- Material for the task

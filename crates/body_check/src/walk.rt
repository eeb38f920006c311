//! The walk over the lines of a body whose log isn't known: what stands behind them, and what may come next.

ghost use Rattle.std.specs.Prelude.{◌≡◌, ◌↔◌, ◌≤◌, ◌<◌, IfOk, OnOk, IfSome, ◌+◌, IsTrue, Some, None, option_copied, if◌then◌else◌, bytes_eq};
ghost use Rattle.std.specs.BTreeMap.{values};
ghost use Rattle.std.specs.Option.{option_or};
ghost use Rattle.kube_meta.specs.Rows.{key_of, row_with};
ghost use Rattle.rev_log.specs.Rows.{Follows, Holds};
ghost use Rattle.select_all.specs.Listings.{row_told};
ghost use Rattle.body_check.specs.Turns.{FitsRow, HasRoomFor, MayCome, HoldsTo, TakesTo, MarksTo, count_with};

use crate::held::{Held, pass};
use crate::same::same_obj;
use kube_meta::{Key, Memory, Obj, Row};
use rev_log::Rows;
use select_all::{Kind, Selection};
use std::alloc::Global;
use std::collections::BTreeMap;
use std::sync::Arc;
use watch_record::LaterList;

/// The most changes of one revision.
const MOST_AT_ONCE: u64 = 64;

/// The last event of a revision, by its key, and how many of the revision have come.
#[derive(Drop)]
pub struct Last {
    /// Its key.
    pub key: Key,
    /// How many have come.
    pub count: u64,
}

/// What stands behind lines, the revision that they have reached, its last event, if the last line was one, and the
/// later lists.
#[derive(Drop)]
pub struct Walk<'a> {
    /// What stands.
    pub rows: Rows,
    /// Up to here all was told.
    pub to: u64,
    /// The last event.
    pub last: Option<Last>,
    /// The later lists.
    pub held: Held<'a>,
}

impl<'a> Walk<'a> {
    /// Begins with the rows of a list, at its revision.
    pub fn new(
        alloc: Global,
        rows: &[Row],
        from: u64,
        later: &'a [LaterList],
    ) -> Result<Walk<'a>, Memory>
        ensures holds { IfOk result (λ walk. Holds walk.rows (row_with rows.now)) }
        ensures to { IfOk result (λ walk. walk.to ≡ from) }
        ensures last { IfOk result (λ walk. walk.last ≡ None) }
        ensures held { IfOk result (λ walk. walk.held ≡ Held.Left later.entry) }
    {
        Ok(Walk {
            rows: rows_of(alloc, rows)?,
            to: from,
            last: None,
            held: Held::Left(later),
        })
    }

    /// Whether an event may come next: its object is selected, its kind fits what stands, and it is above the last in
    /// the order of revisions and keys, with no more than 64 of a revision.
    pub fn takes(&self, selection: &Selection, kind: Kind, obj: &Obj, rev: u64) -> bool
        ensures { IsTrue result ↔ MayCome selection.now self.now kind obj.now rev }
    {
        selection.selects(obj)
            && fits(kind, obj, self.rows.get(&obj.key))
            && self.is_above(&obj.key, rev)
    }

    // Whether an event of this key and revision is above the last.
    fn is_above(&self, key: &Key, rev: u64) -> bool
        ensures { IsTrue result ↔ (self.now.to ≤ rev) × (rev ≡ self.now.to → HasRoomFor self.now.last key.now) }
    {
        if rev == self.to {
            has_room(&self.last, key)
        } else {
            self.to < rev
        }
    }

    /// Takes an event.
    pub fn take(&mut self, alloc: Global, kind: Kind, obj: Obj, rev: u64) -> Result<(), Memory>
        requires { rev ≡ self.old.to → HasRoomFor self.old.last obj.key }
        ensures { OnOk result (TakesTo (record { kind = kind; obj = obj; rev = rev }) self.old self.new) }
    {
        let key = obj.key.clone()?;
        let count = count_at(&self.last, rev == self.to);
        self.pass(rev);
        apply(alloc, &mut self.rows, kind, obj, rev)?;
        self.to = rev;
        self.last = Some(Last { key, count });
        Ok(())
    }

    /// Takes a bookmark.
    pub fn mark(&mut self, at: u64)
        ensures { MarksTo at self.old self.new }
    {
        self.pass(at);
        self.to = at;
        self.last = None;
    }

    /// Passes the later lists below a revision, up to which what stands has stood.
    pub fn pass(&mut self, below: u64)
        ensures held { HoldsTo (values self.old.rows) below self.old.held self.new.held }
        ensures rows { self.new.rows ≡ self.old.rows }
        ensures to { self.new.to ≡ self.old.to }
        ensures last { self.new.last ≡ self.old.last }
    {
        if let Held::Left(left) = self.held {
            self.held = pass(left, &self.rows, below);
        }
    }
}

// Whether a key may come behind the last of the same revision.
fn has_room(last: &Option<Last>, key: &Key) -> bool
    ensures { IsTrue result ↔ HasRoomFor last.now key.now }
{
    match last {
        Some(last) => last.key < *key && last.count < MOST_AT_ONCE,
        None => false,
    }
}

// How many events of a revision there are with one more, where the last is of it or of an older one.
fn count_at(last: &Option<Last>, same: bool) -> u64
    requires { IsTrue same → IfSome last.now (λ last. last.count < 64) }
    ensures { result ≡ (if same then count_with last.now else 1) }
{
    match last {
        Some(last) if same => last.count + 1,
        _ => 1,
    }
}

// Rows by their keys.
fn rows_of(alloc: Global, rows: &[Row]) -> Result<Rows, Memory>
    ensures { IfOk result (λ table. Holds table (row_with rows.now)) }
{
    let mut table = BTreeMap::new(alloc);
    for row in rows {
        put_first(&mut table, row)?;
    }
    Ok(table)
}

// Makes this the row of its key, where there is none.
fn put_first(rows: &mut Rows, row: &Row) -> Result<(), Memory>
    ensures { OnOk result (Follows rows.old rows.new (λ key old. option_or old (if bytes_eq key (key_of row.now) then Some row.now else None))) }
{
    if rows.contains_key(&row.obj.key) {
        return Ok(());
    }
    put(rows, row.clone()?)
}

// Makes this the row of its key.
fn put(rows: &mut Rows, row: Row) -> Result<(), Memory>
    ensures { OnOk result (Follows rows.old rows.new (λ key old. if bytes_eq key (key_of row) then Some row else old)) }
{
    let key = row.obj.key.clone()?;
    match rows.insert(key, row) {
        Ok(_) => Ok(()),
        Err(_) => Err(Memory),
    }
}

// Makes what an event tells: its object stands, or is gone.
fn apply(alloc: Global, rows: &mut Rows, kind: Kind, obj: Obj, rev: u64) -> Result<(), Memory>
    ensures { OnOk result (Follows rows.old rows.new (λ key row. row_told key row (record { kind = kind; obj = obj; rev = rev }))) }
{
    match kind {
        Kind::Deleted => {
            take_out(rows, &obj.key);
            Ok(())
        }
        _ => {
            let obj = Arc::new(alloc, obj)?;
            put(rows, Row { obj, rev })
        }
    }
}

// Leaves no row of this key.
fn take_out(rows: &mut Rows, key: &Key)
    ensures { Follows rows.old rows.new (λ other old. if bytes_eq other key.now then None else old) }
{
    let _ = rows.remove(key);
}

// Whether a kind fits the row that stands at the object's key: one is added where none stands; one is modified where
// one does; and what is deleted is the very object that stands.
fn fits(kind: Kind, obj: &Obj, row: Option<&Row>) -> bool
    ensures { IsTrue result ↔ FitsRow kind obj.now (option_copied row.entry) }
{
    match (kind, row) {
        (Kind::Added, None) => true,
        (Kind::Modified, Some(_)) => true,
        (Kind::Deleted, Some(row)) => same_obj(&row.obj, obj),
        _ => false,
    }
}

- Task instructions
For each line in the listing, return it exactly as shown.

- Exercise answer
filename crates/body_check/src/walk.rt
repository eeb38f920006c311
//! The walk over the lines of a body whose log isn't known: what stands behind them, and what may come next.

ghost use Rattle.std.specs.Prelude.{◌≡◌, ◌↔◌, ◌≤◌, ◌<◌, IfOk, OnOk, IfSome, ◌+◌, IsTrue, Some, None, option_copied, if◌then◌else◌, bytes_eq};
ghost use Rattle.std.specs.BTreeMap.{values};
ghost use Rattle.std.specs.Option.{option_or};
ghost use Rattle.kube_meta.specs.Rows.{key_of, row_with};
ghost use Rattle.rev_log.specs.Rows.{Follows, Holds};
ghost use Rattle.select_all.specs.Listings.{row_told};
ghost use Rattle.body_check.specs.Turns.{FitsRow, HasRoomFor, MayCome, HoldsTo, TakesTo, MarksTo, count_with};

use crate::held::{Held, pass};
use crate::same::same_obj;
use kube_meta::{Key, Memory, Obj, Row};
use rev_log::Rows;
use select_all::{Kind, Selection};
use std::alloc::Global;
use std::collections::BTreeMap;
use std::sync::Arc;
use watch_record::LaterList;

/// The most changes of one revision.
const MOST_AT_ONCE: u64 = 64;

/// The last event of a revision, by its key, and how many of the revision have come.
#[derive(Drop)]
pub struct Last {
    /// Its key.
    pub key: Key,
    /// How many have come.
    pub count: u64,
}

/// What stands behind lines, the revision that they have reached, its last event, if the last line was one, and the
/// later lists.
#[derive(Drop)]
pub struct Walk<'a> {
    /// What stands.
    pub rows: Rows,
    /// Up to here all was told.
    pub to: u64,
    /// The last event.
    pub last: Option<Last>,
    /// The later lists.
    pub held: Held<'a>,
}

impl<'a> Walk<'a> {
    /// Begins with the rows of a list, at its revision.
    pub fn new(
        alloc: Global,
        rows: &[Row],
        from: u64,
        later: &'a [LaterList],
    ) -> Result<Walk<'a>, Memory>
        ensures holds { IfOk result (λ walk. Holds walk.rows (row_with rows.now)) }
        ensures to { IfOk result (λ walk. walk.to ≡ from) }
        ensures last { IfOk result (λ walk. walk.last ≡ None) }
        ensures held { IfOk result (λ walk. walk.held ≡ Held.Left later.entry) }
    {
        Ok(Walk {
            rows: rows_of(alloc, rows)?,
            to: from,
            last: None,
            held: Held::Left(later),
        })
    }

    /// Whether an event may come next: its object is selected, its kind fits what stands, and it is above the last in
    /// the order of revisions and keys, with no more than 64 of a revision.
    pub fn takes(&self, selection: &Selection, kind: Kind, obj: &Obj, rev: u64) -> bool
        ensures { IsTrue result ↔ MayCome selection.now self.now kind obj.now rev }
    {
        selection.selects(obj)
            && fits(kind, obj, self.rows.get(&obj.key))
            && self.is_above(&obj.key, rev)
    }

    // Whether an event of this key and revision is above the last.
    fn is_above(&self, key: &Key, rev: u64) -> bool
        ensures { IsTrue result ↔ (self.now.to ≤ rev) × (rev ≡ self.now.to → HasRoomFor self.now.last key.now) }
    {
        if rev == self.to {
            has_room(&self.last, key)
        } else {
            self.to < rev
        }
    }

    /// Takes an event.
    pub fn take(&mut self, alloc: Global, kind: Kind, obj: Obj, rev: u64) -> Result<(), Memory>
        requires { rev ≡ self.old.to → HasRoomFor self.old.last obj.key }
        ensures { OnOk result (TakesTo (record { kind = kind; obj = obj; rev = rev }) self.old self.new) }
    {
        let key = obj.key.clone()?;
        let count = count_at(&self.last, rev == self.to);
        self.pass(rev);
        apply(alloc, &mut self.rows, kind, obj, rev)?;
        self.to = rev;
        self.last = Some(Last { key, count });
        Ok(())
    }

    /// Takes a bookmark.
    pub fn mark(&mut self, at: u64)
        ensures { MarksTo at self.old self.new }
    {
        self.pass(at);
        self.to = at;
        self.last = None;
    }

    /// Passes the later lists below a revision, up to which what stands has stood.
    pub fn pass(&mut self, below: u64)
        ensures held { HoldsTo (values self.old.rows) below self.old.held self.new.held }
        ensures rows { self.new.rows ≡ self.old.rows }
        ensures to { self.new.to ≡ self.old.to }
        ensures last { self.new.last ≡ self.old.last }
    {
        if let Held::Left(left) = self.held {
            self.held = pass(left, &self.rows, below);
        }
    }
}

// Whether a key may come behind the last of the same revision.
fn has_room(last: &Option<Last>, key: &Key) -> bool
    ensures { IsTrue result ↔ HasRoomFor last.now key.now }
{
    match last {
        Some(last) => last.key < *key && last.count < MOST_AT_ONCE,
        None => false,
    }
}

// How many events of a revision there are with one more, where the last is of it or of an older one.
fn count_at(last: &Option<Last>, same: bool) -> u64
    requires { IsTrue same → IfSome last.now (λ last. last.count < 64) }
    ensures { result ≡ (if same then count_with last.now else 1) }
{
    match last {
        Some(last) if same => last.count + 1,
        _ => 1,
    }
}

// Rows by their keys.
fn rows_of(alloc: Global, rows: &[Row]) -> Result<Rows, Memory>
    ensures { IfOk result (λ table. Holds table (row_with rows.now)) }
{
    let mut table = BTreeMap::new(alloc);
    for row in rows {
        put_first(&mut table, row)?;
    }
    Ok(table)
}

// Makes this the row of its key, where there is none.
fn put_first(rows: &mut Rows, row: &Row) -> Result<(), Memory>
    ensures { OnOk result (Follows rows.old rows.new (λ key old. option_or old (if bytes_eq key (key_of row.now) then Some row.now else None))) }
{
    if rows.contains_key(&row.obj.key) {
        return Ok(());
    }
    put(rows, row.clone()?)
}

// Makes this the row of its key.
fn put(rows: &mut Rows, row: Row) -> Result<(), Memory>
    ensures { OnOk result (Follows rows.old rows.new (λ key old. if bytes_eq key (key_of row) then Some row else old)) }
{
    let key = row.obj.key.clone()?;
    match rows.insert(key, row) {
        Ok(_) => Ok(()),
        Err(_) => Err(Memory),
    }
}

// Makes what an event tells: its object stands, or is gone.
fn apply(alloc: Global, rows: &mut Rows, kind: Kind, obj: Obj, rev: u64) -> Result<(), Memory>
    ensures { OnOk result (Follows rows.old rows.new (λ key row. row_told key row (record { kind = kind; obj = obj; rev = rev }))) }
{
    match kind {
        Kind::Deleted => {
            take_out(rows, &obj.key);
            Ok(())
        }
        _ => {
            let obj = Arc::new(alloc, obj)?;
            put(rows, Row { obj, rev })
        }
    }
}

// Leaves no row of this key.
fn take_out(rows: &mut Rows, key: &Key)
    ensures { Follows rows.old rows.new (λ other old. if bytes_eq other key.now then None else old) }
{
    let _ = rows.remove(key);
}

// Whether a kind fits the row that stands at the object's key: one is added where none stands; one is modified where
// one does; and what is deleted is the very object that stands.
fn fits(kind: Kind, obj: &Obj, row: Option<&Row>) -> bool
    ensures { IsTrue result ↔ FitsRow kind obj.now (option_copied row.entry) }
{
    match (kind, row) {
        (Kind::Added, None) => true,
        (Kind::Modified, Some(_)) => true,
        (Kind::Deleted, Some(row)) => same_obj(&row.obj, obj),
        _ => false,
    }
}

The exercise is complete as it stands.